Werner Herzog: In Search of Ecstatic Truth
4 Wednesdays, May 1 to May 22, 2024, 6:30 to 9:30 pm
Instructor: Paul Wright, Ph.D., Main Line Classical Academy
Weaned on a rejection of Germany’s troubled wartime past and bedeviled by Germany’s partition in the Cold War, the iconoclastic filmmakers of the “New German Cinema” helped usher in a period of intense cultural renewal. Amid this cohort, Werner Herzog charted his own unique path through a series of often absurdist films that continue to resonate today.
Our course will begin with Herzog’s anarchic early feature, Even Dwarfs Started Small (1970). A study in social rebellion in the face of institutionalized conformity, the tale builds on older films like Tod Browning’s Freaks, blending an exploitation sensibility with social critique. We then turn to one of the director’s collaborations with mercurial actor Klaus Kinski in Herzog’s surreal take on Spanish colonialism, Aguirre, the Wrath of God (1972). We’ll journey to Herzog’s funhouse version of modern America in Stroszek (1977), as strange a “road picture” as one will encounter, following a Berlin street performer in search of new horizons in the United States. We’ll close with Herzog’s 2016 documentary, Lo & Behold: Reveries of the Connected World.
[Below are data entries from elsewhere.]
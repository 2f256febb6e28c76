// Judges codes from standard input, for tests from outside: records of 65 bytes in, answers of seven bytes out. At most 64 codes are read,
// and there is room for their answers.
#![tactic(auto)]

use std::io;
use std::io::Print;

fn main(rt: HostRuntime) -> io::Result<()> {
    let mut codes = [0u8; 4160];
    let n = input::fill(&mut rt.stdin(), &mut codes);
    let mut answers = [0u8; 448];
    let count = judge_records::judge_all(&codes[..n], &mut answers);
    rt.write_all(&answers[..count])
}
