// Returns the chunk of the bits from bit `from` on of some bytes, and zeros past them. That of one byte is made without a loop.
fn rest_of<const N: usize>(bytes: &[u8], from: u64) -> [u8; N]
    requires width { IsWidth N }
    ensures { (i : ℕ) → chunk_bit N result i ≡ bytes_bit (bytes.now ++ []) (from + i % (8 * N)) }
{
    if bytes.len() == 1 && from < 8 {
        return rest_of_byte(bytes[0], from);
    }
    chunk_from(bytes, &[], from)
}
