// What an answer can say.
use crate::Output;
use crate::word::Word;
use digits::hex::{encode, hex32};
use digits::number::{Apart, sign_apart};
use script::space::line_space;
use slices::part::part_of;
use types::page_id::PageID;
use types::refusal::Refusal;

pub trait Said {
    fn say_on(self, out: &mut Output);
}

impl Said for Word {
    fn say_on(self, out: &mut Output) {
        out.print(self);
    }
}

// A call that hands out nothing says no more than how it went.
impl Said for () {
    fn say_on(self, _out: &mut Output) {}
}

impl Said for usize {
    fn say_on(self, out: &mut Output) {
        out.print(format_args!(" {self}"));
    }
}

impl Said for isize {
    fn say_on(self, out: &mut Output) {
        let Apart { below, size } = sign_apart(self);
        let sign = if below { " -" } else { " " };
        out.print(sign);
        out.print(size);
    }
}

// 0 or 1.
impl Said for bool {
    fn say_on(self, out: &mut Output) {
        out.say(self as usize);
    }
}

impl Said for PageID {
    fn say_on(self, out: &mut Output) {
        out.say(self.index());
    }
}

// 32 bits as eight digits in hex.
#[derive(Clone, Copy)]
pub struct Sum(pub u32);

impl Said for Sum {
    fn say_on(self, out: &mut Output) {
        out.print(" ");
        out.print_bytes(&hex32(self.0));
    }
}

// Bytes in hex, or `-` for none.
impl Said for &[u8] {
    fn say_on(self, out: &mut Output) {
        if self.is_empty() {
            out.print(" -");
            return;
        }
        let mut digits = line_space();
        let n = encode(self, &mut digits);
        out.print(" ");
        out.print_bytes(part_of(&digits, 0, n));
    }
}

// What a call hands out, or why it is refused.
impl<T: Said> Said for Result<T, Refusal> {
    fn say_on(self, out: &mut Output) {
        match self {
            Ok(value) => {
                out.say(Word::Ok);
                out.say(value);
            }
            Err(why) => out.say(Word::No(why)),
        }
    }
}
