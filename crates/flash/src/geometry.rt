// The shape of the lent flash, and the part of it that a page is.
ghost use Rattle.std.specs.Prelude.{◌≡◌};
ghost use Rattle.flash.specs.Geometry.{flash_check, whole_pages, page_start, has_page, page_of};

use slices::part::part_of;
use types::config::{MAX_PAGE_COUNT, PAGE_SIZE};
use types::page_id::PageID;
use types::refusal::Refusal;

// Fine, or 5 where a flash of this many bytes is not 1 to 256 whole pages.
pub fn check_flash(bytes: usize) -> Result<(), Refusal>
    ensures answers { result ≡ flash_check bytes }
{
    if bytes % PAGE_SIZE == 0 && PAGE_SIZE <= bytes && bytes <= MAX_PAGE_COUNT * PAGE_SIZE {
        Ok(())
    } else {
        Err(Refusal::BadFlash)
    }
}

pub fn whole_pages(bytes: usize) -> usize
    ensures answers { result ≡ whole_pages bytes }
{
    bytes / PAGE_SIZE
}

pub fn has_page(bytes: usize, page: PageID) -> bool
    ensures answers { result ≡ has_page bytes page.0 }
{
    page.index() < whole_pages(bytes)
}

pub fn page_start(page: PageID) -> usize
    ensures answers { result ≡ page_start page.0 }
{
    page.index() * PAGE_SIZE
}

// The bytes of a page; none if the flash ends before it.
pub fn page_of(flash: &[u8], page: PageID) -> &[u8]
    ensures answers { result.now ≡ page_of page.0 flash.now }
{
    part_of(flash, page_start(page), PAGE_SIZE)
}
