// How answers are said: word by word. The first word starts the line, and each other brings the space before it.

#![tactic(auto)]

pub mod said;
pub mod word;

use crate::said::Said;
use std::fmt::Display;
use std::io::{Error, Result, Stdout};

// Where answers go, and why the last write failed, if one did.
#[derive(Drop)]
pub struct Output {
    stdout: Stdout,
    failure: Option<Error>,
}

impl Output {
    pub fn new(stdout: Stdout) -> Output {
        Output {
            stdout,
            failure: None,
        }
    }

    pub fn failure(&self) -> Option<Error> {
        self.failure
    }

    fn wrote(&mut self, write: Result<()>) {
        if let Err(why) = write {
            self.failure = Some(why);
        }
    }

    pub(crate) fn print<D: Display + Drop>(&mut self, text: D) {
        let write = self.stdout.print(text);
        self.wrote(write);
    }

    pub(crate) fn print_bytes(&mut self, bytes: &[u8]) {
        let write = self.stdout.write_all(bytes);
        self.wrote(write);
    }

    pub fn say<S: Said>(&mut self, what: S) {
        what.say_on(self);
    }

    pub fn end_line(&mut self) {
        self.print("\n");
    }

    // Says what the whole line is.
    pub fn say_line<S: Said>(&mut self, what: S) {
        self.say(what);
        self.end_line();
    }
}
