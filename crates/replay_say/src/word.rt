// The words of an answer, but for its numbers and bytes.
use std::fmt;
use types::refusal::Refusal;

#[derive(Clone, Copy)]
pub enum Word {
    // The first four start a line.
    Ok,
    // A refusal, by its number.
    No(Refusal),
    None,
    // No entry is left.
    End,
    // The place of a run that is gone.
    Gone,
    // What is done to the flash: an erase, and a store, behind which its offset and its bytes stand.
    Erase,
    Store,
}

impl fmt::Display for Word {
    fn fmt<W: fmt::Write>(&self, f: &mut fmt::Formatter<W>) -> fmt::Result {
        match *self {
            Word::Ok => write!(f, "ok"),
            Word::No(why) => write!(f, "no {}", why.number()),
            Word::None => write!(f, "none"),
            Word::End => write!(f, "end"),
            Word::Gone => write!(f, " gone"),
            Word::Erase => write!(f, " e"),
            Word::Store => write!(f, " s"),
        }
    }
}
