// Whether bytes start with a character that can be printed as it is: a well-formed one above U+009F, so no control character.
ghost use Rattle.std.specs.Prelude.{◌≡◌, get_or};
ghost use Rattle.utf8.specs.Characters.{two_fine, three_fine, four_fine, length_in, character_length};

// The byte at an index, or 0 past the end, which is no byte of such a character.
fn byte_at(bytes: &[u8], i: usize) -> u8
    ensures answers { result ≡ get_or bytes.now i 0 }
{
    bytes.get(i).copied().unwrap_or(0)
}

fn two_fine(a: u8, b: u8) -> bool
    ensures answers { result ≡ two_fine a b }
{
    let n = (a as u32) % 32 * 64 + (b as u32) % 64;
    a / 32 == 6 && b / 64 == 2 && 160 <= n
}

fn three_fine(a: u8, b: u8, c: u8) -> bool
    ensures answers { result ≡ three_fine a b c }
{
    let n = ((a as u32) % 16 * 64 + (b as u32) % 64) * 64 + (c as u32) % 64;
    a / 16 == 14 && b / 64 == 2 && c / 64 == 2 && 2048 <= n && n / 2048 != 27
}

fn four_fine(a: u8, b: u8, c: u8, d: u8) -> bool
    ensures answers { result ≡ four_fine a b c d }
{
    let m = ((a as u32) % 8 * 64 + (b as u32) % 64) * 64 + (c as u32) % 64;
    let n = m * 64 + (d as u32) % 64;
    a / 8 == 30 && b / 64 == 2 && c / 64 == 2 && d / 64 == 2 && 65536 <= n && n <= 1114111
}

fn length_in(a: u8, b: u8, c: u8, d: u8) -> Option<usize>
    ensures answers { result ≡ length_in a b c d }
{
    if two_fine(a, b) {
        Some(2)
    } else if three_fine(a, b, c) {
        Some(3)
    } else if four_fine(a, b, c, d) {
        Some(4)
    } else {
        None
    }
}

// How many bytes the character has that stands at the start, if one does.
pub fn character_length(bytes: &[u8]) -> Option<usize>
    ensures answers { result ≡ character_length bytes.now }
{
    length_in(
        byte_at(bytes, 0),
        byte_at(bytes, 1),
        byte_at(bytes, 2),
        byte_at(bytes, 3),
    )
}
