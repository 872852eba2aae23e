// The operations on a page, and the number of them that is left. An operation that does not lie on the flash is not made, and it is
// not counted.
//
// The forms with `_if` let a call make its operations one line each, with no branch between them. If one is cut, `left` is 0, so
// the remaining ones do nothing.
ghost use Rattle.std.specs.Prelude.{◌≡◌, ◌&&◌, ℕ, ◌+◌, leb, length};
ghost use Rattle.types.specs.Build.{page_size};
ghost use Rattle.flash.specs.Geometry.{page_start, has_page};
ghost use Rattle.flash.specs.Operations.{Op, op_if, made, lies_on, spent_on, allowed_on};

use crate::geometry::{has_page, page_start};
use slices::part;
use types::config::PAGE_SIZE;
use types::page_id::PageID;

// Whether what was due was made, and how many operations are left.
#[derive(Clone, Copy)]
pub struct Spent {
    pub ok: bool,
    pub left: usize,
}

// One store into the page, from the offset on.
pub(crate) fn store(flash: &mut [u8], page: PageID, at: usize, bytes: &[u8])
    ensures bytes { flash.new ≡ made (page_start page.0) (Op.store at bytes.now) flash.old }
{
    let room = PAGE_SIZE.saturating_sub(at);
    let n = bytes.len().min(room);
    let from = (page_start(page) + PAGE_SIZE - room).min(flash.len());
    part::put(&mut flash[from..], &bytes[..n]);
}

// One erase of the page.
pub(crate) fn erase(flash: &mut [u8], page: PageID, value: u8)
    ensures bytes { flash.new ≡ made (page_start page.0) (Op.erase value) flash.old }
{
    let start = page_start(page).min(flash.len());
    let end = (start + PAGE_SIZE).min(flash.len());
    part::wipe(&mut flash[start..end], value);
}

// What one operation of any kind spends, if it is due: none if it does not lie on the flash.
fn spend(due: bool, lies: bool, left: usize) -> Spent
    ensures answers { (n p : ℕ) (op : Op) → lies ≡ lies_on n p op → result ≡ spent_on n p left (op_if due op) }
{
    if due && lies {
        Spent {
            ok: left != 0,
            left: left.saturating_sub(1),
        }
    } else {
        Spent { ok: !due, left }
    }
}

// Whether a store of this many bytes at an offset lies on a flash.
fn holds_store(flash: usize, page: PageID, at: usize, bytes: usize) -> bool
    ensures answers { result ≡ (has_page flash page.0 && leb (at + bytes) page_size) }
{
    has_page(flash, page) && at <= PAGE_SIZE && bytes <= PAGE_SIZE - at
}

// One store, if it is due and one is left.
pub fn store_if(
    due: bool,
    flash: &mut [u8],
    page: PageID,
    at: usize,
    bytes: &[u8],
    left: usize,
) -> Spent
    ensures answers { result ≡ spent_on (length flash.old) page.0 left (op_if due (Op.store at bytes.now)) }
    ensures bytes { flash.new ≡ allowed_on page.0 left (op_if due (Op.store at bytes.now)) flash.old }
{
    let lies = holds_store(flash.len(), page, at, bytes.len());
    if due && lies && left != 0 {
        store(flash, page, at, bytes);
    }
    spend(due, lies, left)
}

// One erase of the page, if it is due and one is left.
pub fn erase_if(due: bool, flash: &mut [u8], page: PageID, value: u8, left: usize) -> Spent
    ensures answers { result ≡ spent_on (length flash.old) page.0 left (op_if due (Op.erase value)) }
    ensures bytes { flash.new ≡ allowed_on page.0 left (op_if due (Op.erase value)) flash.old }
{
    let lies = has_page(flash.len(), page);
    if due && lies && left != 0 {
        erase(flash, page, value);
    }
    spend(due, lies, left)
}
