// Characters in UTF-8, for a program that prints some as they are.

#![tactic(auto)]

pub mod character;
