// The lent flash: its shape, and the operations that change it.

#![tactic(auto)]

pub mod geometry;
pub mod ops;
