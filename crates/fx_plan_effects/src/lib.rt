//! The effects of a plan: each with its resolved arguments, what it does to rate and channels, how many frames it holds, and how
//! many it makes.
#![tactic(auto)]

mod bounds;
mod effect;
mod registry;

pub use bounds::{MAX_LENGTH, hold, is_too_long, work};
pub use effect::Layout;
pub use registry::Effect;
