//! How many frames effects in sequence hold, and how many frames can come out of them.
ghost use Rattle.std.specs.Prelude.{◌≡◌, ◌≤◌, ◌-◌, ◌*◌, ◌^◌, false, length, map, min};
ghost use Rattle.std.specs.List.{All, list_any};
ghost use Rattle.fx_plan_effects.specs.Bounds;
ghost use Rattle.fx_plan_effects.specs.Bounds.{hold_all, maxima, work_of};
ghost use Rattle.fx_plan_effects.specs.Effects.{Usable, act};

use crate::registry::Effect;
use fx_fixed::MAX_POSITION;

/// The maximum number of frames that the sound may have after any effect.
pub const MAX_LENGTH: u64 = 1 << 56;

/// How many frames a chain of the effects holds, or `u64::MAX` where it is more.
pub fn hold(effects: &[Effect]) -> u64
    ensures { result ≡ min (hold_all (map act effects.now)) (2 ^ 64 - 1) }
{
    let mut total: u64 = 1;
    let mut rest = effects;
    while let Some((effect, more)) = rest.split_first() {
        total = total.saturating_add(effect.line()).saturating_add(1);
        rest = more;
    }
    total
}

/// Whether a sound of `2^40` frames could become longer than `MAX_LENGTH` after some effect.
pub fn is_too_long(effects: &[Effect]) -> bool
    requires { All Usable (map act effects.now) }
    ensures { result ≡ Bounds.is_too_long (map act effects.now) }
{
    let mut frames = MAX_POSITION;
    let mut rest = effects;
    while let Some((effect, more)) = rest.split_first() {
        frames = effect.max_frames(frames);
        if frames > MAX_LENGTH {
            return true;
        }
        rest = more;
    }
    false
}

/// How many frames the effects hand over for `frames` frames at most, where nothing after them is longer than `MAX_LENGTH`.
pub fn work(effects: &[Effect], frames: u64) -> u64
    requires usable { All Usable (map act effects.now) }
    requires bound { length effects.now ≤ 32 }
    requires short { list_any Bounds.is_beyond_limit (maxima (map act effects.now) frames) ≡ false }
    ensures value { result ≡ work_of (map act effects.now) frames }
    ensures maximum { result ≤ 33 * 2 ^ 56 }
{
    let mut total = 0;
    let mut frames = frames;
    let mut rest = effects;
    while let Some((effect, more)) = rest.split_first() {
        total += frames;
        frames = effect.max_frames(frames);
        rest = more;
    }
    total + frames
}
A thoughtful confrontation with the effects of the internet, artificial intelligence, and robotics on consciousness, Herzog’s film anticipates our current anxieties over emerging technologies that portend a redefinition of our own humanity.
Each of these films reminds us that, from his earliest efforts to his most recent, Herzog has explored unsettling paradoxes in the very project of being human, especially when we presume to be in control of our world, our identity, and our destiny.